I have seen a sensory garden in the Chicago Botanic Garden but that was at the start of the spring so most of the plants were still dormant. I have heard and read about the Garden of Five Senses in Delhi and I am quite proud that my city too has a sensory garden. This one is is geared for differently-abled kids but everyone can enjoy and learn here.
|Leaf imprints at the entrance|
This park is spread over 2 acres and uses different plant species and their properties to explore the sense of touch, smell, taste, hearing and vision. Children are bound to find this very interesting as one goes beyond four walls to feel and experience strange wonderful phenomenon. The entrance itself is dramatic with leaf imprints in the cemented pathway. The sign posts are in English and Marathi and in Braille. Visitors are encouraged to pluck a leaf to experience its specific properties. There is the ‘Toothache plant’ whose leaves cause a tingling sensation in the mouth, the ‘Pandanus sp’ which has a distinctive fragrance, the ‘Touch me not’ whose leaves droop at the slightest touch…
|Fun with plants|
|Sign posts in Marathi, English and Braille|
The park has a fountain in the centre and most of the time there was a gentle breeze blowing. They have retained some of the rocks that were found in the original plot of land to create a wonderful waterfall. In my humble opinion there exists scope to create a spot to explore/demonstrate sound of water and the feeling of air movement as well.
I do hope more people especially kids go out and enjoy what this park has to offer. This is a Pune Municipal Corporation Park that has been developed and maintained by the Zensar Foundation. They do give away saplings of their collection if you desire and at no cost! What more can one ask??
Entry to the park is free. There is space for parking.
Tips: Carry a cap/umbrella as there is not much shade. Insect repellent is advisable.
As the name suggests, Udan Park has a biodiversity element too.
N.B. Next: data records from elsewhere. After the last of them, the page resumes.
//! Goals that are not read.

use crate::goal_look::GoalLook;
use mistake_sentences::{GoalMistake, Mistake, QueryMistake};
use prolog_tokens::TokenKind;
use token_search::value_of;

/// Goals with arguments that are not read, by name.
const CALLS: [(&str, GoalMistake); 50] = [
    ("findall", GoalMistake::AllSolutions),
    ("bagof", GoalMistake::AllSolutions),
    ("setof", GoalMistake::AllSolutions),
    ("call", GoalMistake::Call),
    ("once", GoalMistake::Call),
    ("asserta", GoalMistake::Assert),
    ("assertz", GoalMistake::Assert),
    ("retract", GoalMistake::Assert),
    ("abolish", GoalMistake::Assert),
    ("var", GoalMistake::Test),
    ("nonvar", GoalMistake::Test),
    ("atom", GoalMistake::Test),
    ("integer", GoalMistake::Test),
    ("float", GoalMistake::Test),
    ("number", GoalMistake::Test),
    ("atomic", GoalMistake::Test),
    ("compound", GoalMistake::Test),
    ("op", GoalMistake::Test),
    ("set_prolog_flag", GoalMistake::Test),
    ("close", GoalMistake::Test),
    ("write", GoalMistake::Output),
    ("writeq", GoalMistake::Output),
    ("write_canonical", GoalMistake::Output),
    ("write_term", GoalMistake::Output),
    ("nl", GoalMistake::Output),
    ("put_char", GoalMistake::Output),
    ("catch", GoalMistake::Catch),
    ("throw", GoalMistake::Exit),
    ("halt", GoalMistake::Exit),
    ("unify_with_occurs_check", GoalMistake::Unify),
    ("functor", GoalMistake::Unknown),
    ("arg", GoalMistake::Unknown),
    ("copy_term", GoalMistake::Unknown),
    ("=..", GoalMistake::Unknown),
    ("clause", GoalMistake::Unknown),
    ("current_predicate", GoalMistake::Unknown),
    ("current_op", GoalMistake::Unknown),
    ("current_prolog_flag", GoalMistake::Unknown),
    ("open", GoalMistake::Unknown),
    ("read", GoalMistake::Unknown),
    ("read_term", GoalMistake::Unknown),
    ("get_char", GoalMistake::Unknown),
    ("atom_length", GoalMistake::Unknown),
    ("atom_concat", GoalMistake::Unknown),
    ("sub_atom", GoalMistake::Unknown),
    ("atom_chars", GoalMistake::Unknown),
    ("atom_codes", GoalMistake::Unknown),
    ("char_code", GoalMistake::Unknown),
    ("number_chars", GoalMistake::Unknown),
    ("number_codes", GoalMistake::Unknown),
];

/// Goals without arguments that are not read, by name.
const ATOMS: [(&str, GoalMistake); 4] = [
    ("!", GoalMistake::Cut),
    ("nl", GoalMistake::Output),
    ("halt", GoalMistake::Exit),
    ("repeat", GoalMistake::Repeat),
];

/// What a goal that begins with this name shows.
fn named_mistake(name: &[u8], has_arguments: bool) -> Option<GoalMistake> {
    if name == b"\\+".as_slice() {
        Some(GoalMistake::Negation)
    } else if has_arguments {
        value_of(&CALLS, name)
    } else {
        value_of(&ATOMS, name)
    }
}

/// What a goal shows by its first token.
fn first_mistake(look: &GoalLook<'_>) -> Option<GoalMistake> {
    let first = look.first?;
    match first.kind {
        TokenKind::Var if look.is_alone() => Some(GoalMistake::Variable),
        TokenKind::Int(_) if look.is_alone() => Some(GoalMistake::Number),
        TokenKind::Name => named_mistake(first.text, look.has_arguments()),
        _ => None,
    }
}

/// What a goal of a clause shows.
fn clause_mistake(look: &GoalLook<'_>) -> Option<GoalMistake> {
    if look.has_arrow {
        Some(GoalMistake::IfThenElse)
    } else if look.has_test {
        Some(GoalMistake::Test)
    } else if look.has_univ {
        Some(GoalMistake::Unknown)
    } else {
        first_mistake(look)
    }
}

/// What a goal of a query shows by its first token, which cannot have branches in place of it.
fn named_in_query(mistake: GoalMistake) -> Mistake<'static> {
    match mistake {
        GoalMistake::Variable | GoalMistake::Number | GoalMistake::Call | GoalMistake::Unify => {
            Mistake::Goal(mistake)
        }
        GoalMistake::Catch => Mistake::Goal(GoalMistake::Call),
        GoalMistake::Negation | GoalMistake::AllSolutions => {
            Mistake::Query(QueryMistake::GoalAlone)
        }
        _ => Mistake::Query(QueryMistake::Goal),
    }
}

/// What a goal of a query shows outside its first token.
fn joined_in_query(look: &GoalLook<'_>) -> Option<QueryMistake> {
    if look.begins_with_prompt() {
        Some(QueryMistake::Prompt)
    } else if look.has_neck {
        Some(QueryMistake::Clause)
    } else if look.has_arrow || look.has_branch {
        Some(QueryMistake::Branches)
    } else if look.has_test || look.has_univ {
        Some(QueryMistake::Goal)
    } else {
        None
    }
}

/// What a goal of a query shows.
fn query_mistake<'a>(look: &GoalLook<'_>) -> Option<Mistake<'a>> {
    match joined_in_query(look) {
        Some(mistake) => Some(Mistake::Query(mistake)),
        None => first_mistake(look).map(named_in_query),
    }
}

/// What the goal at a place of a text shows, which is not one of a pure program.
pub fn goal_mistake<'a>(text: &[u8], at: usize, is_query: bool) -> Option<Mistake<'a>> {
    let look = GoalLook::of(text, at);
    if look.has_grammar_arrow {
        return Some(Mistake::Goal(GoalMistake::GrammarRule));
    }
    if is_query {
        return query_mistake(&look);
    }
    Some(Mistake::Goal(clause_mistake(&look)?))
}
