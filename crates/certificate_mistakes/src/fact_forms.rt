//! The forms of the facts of certificates.

/// The form of a fact. Its parts are counted from 0.
pub(crate) struct FactForm {
    pub(crate) name: &'static str,
    /// How many parts it has.
    pub(crate) parts: u32,
    /// The part that is a predicate, if one is.
    pub(crate) pred: Option<u32>,
    /// The parts from the first on that are counted from 1, and the one after them.
    pub(crate) first: u32,
    pub(crate) end: u32,
    /// The form's place in the order of the facts.
    pub(crate) rank: u32,
}

/// The forms, in the order of the facts.
const FORMS: [FactForm; 17] = [
    FactForm {
        name: "cti",
        parts: 1,
        pred: None,
        first: 0,
        end: 0,
        rank: 0,
    },
    FactForm {
        name: "norm",
        parts: 1,
        pred: None,
        first: 0,
        end: 0,
        rank: 1,
    },
    FactForm {
        name: "terminates",
        parts: 2,
        pred: Some(0),
        first: 0,
        end: 0,
        rank: 2,
    },
    FactForm {
        name: "size",
        parts: 3,
        pred: Some(0),
        first: 1,
        end: 2,
        rank: 3,
    },
    FactForm {
        name: "by",
        parts: 4,
        pred: None,
        first: 0,
        end: 2,
        rank: 4,
    },
    FactForm {
        name: "grounds",
        parts: 3,
        pred: Some(0),
        first: 1,
        end: 2,
        rank: 5,
    },
    FactForm {
        name: "measure",
        parts: 4,
        pred: Some(0),
        first: 1,
        end: 2,
        rank: 6,
    },
    FactForm {
        name: "falls",
        parts: 5,
        pred: None,
        first: 0,
        end: 3,
        rank: 7,
    },
    FactForm {
        name: "pre",
        parts: 4,
        pred: Some(0),
        first: 1,
        end: 3,
        rank: 8,
    },
    FactForm {
        name: "none",
        parts: 2,
        pred: Some(0),
        first: 1,
        end: 2,
        rank: 9,
    },
    FactForm {
        name: "point",
        parts: 4,
        pred: None,
        first: 0,
        end: 2,
        rank: 9,
    },
    FactForm {
        name: "at",
        parts: 4,
        pred: None,
        first: 0,
        end: 2,
        rank: 9,
    },
    FactForm {
        name: "image",
        parts: 4,
        pred: Some(2),
        first: 0,
        end: 2,
        rank: 10,
    },
    FactForm {
        name: "step",
        parts: 4,
        pred: Some(1),
        first: 0,
        end: 1,
        rank: 10,
    },
    FactForm {
        name: "weak",
        parts: 1,
        pred: None,
        first: 0,
        end: 0,
        rank: 10,
    },
    FactForm {
        name: "blown",
        parts: 2,
        pred: Some(0),
        first: 0,
        end: 0,
        rank: 10,
    },
    FactForm {
        name: "large",
        parts: 2,
        pred: Some(0),
        first: 1,
        end: 2,
        rank: 10,
    },
];

/// The form of the facts of a name.
pub(crate) fn form_of(name: &[u8]) -> Option<&'static FactForm> {
    for form in &FORMS {
        if form.name.as_bytes() == name {
            return Some(form);
        }
    }
    None
}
However I shall talk about it in another post.
Till then, Go on… Enjoy!
2 Replies to “See, Touch, Smell…”
i meandered in through Red Handed blog and boy am i glad i did. Seems i am in just the right place.
We have a Garden of Five Senses in Delhi too. Although i go there only yearly when the Garden and tourism festival is held in February.This year i could barely manage only the last day. (of the three days that this festival is for) . Gives one an opportunity to see lots in one place…
Also buying…seeds, plants, tools, garden decorations…
i just saw the pic of Camphor basil and i am wondering if it is any different from that Thai Basil…u know the one that i have in my pot. We use it for cooking.
Hope u visit my blog too. Mostly i talk about my own discoveries in nature…and yes i talk and talk…
Thanks for sharing your thoughts Shivani. 🙂 I would love to visit the Garden of Five Senses, hope can do so soon. I think the camphor basil in this garden and Thai basil you mention are 'relatives' of our Tulsi and will have slight differences from each other.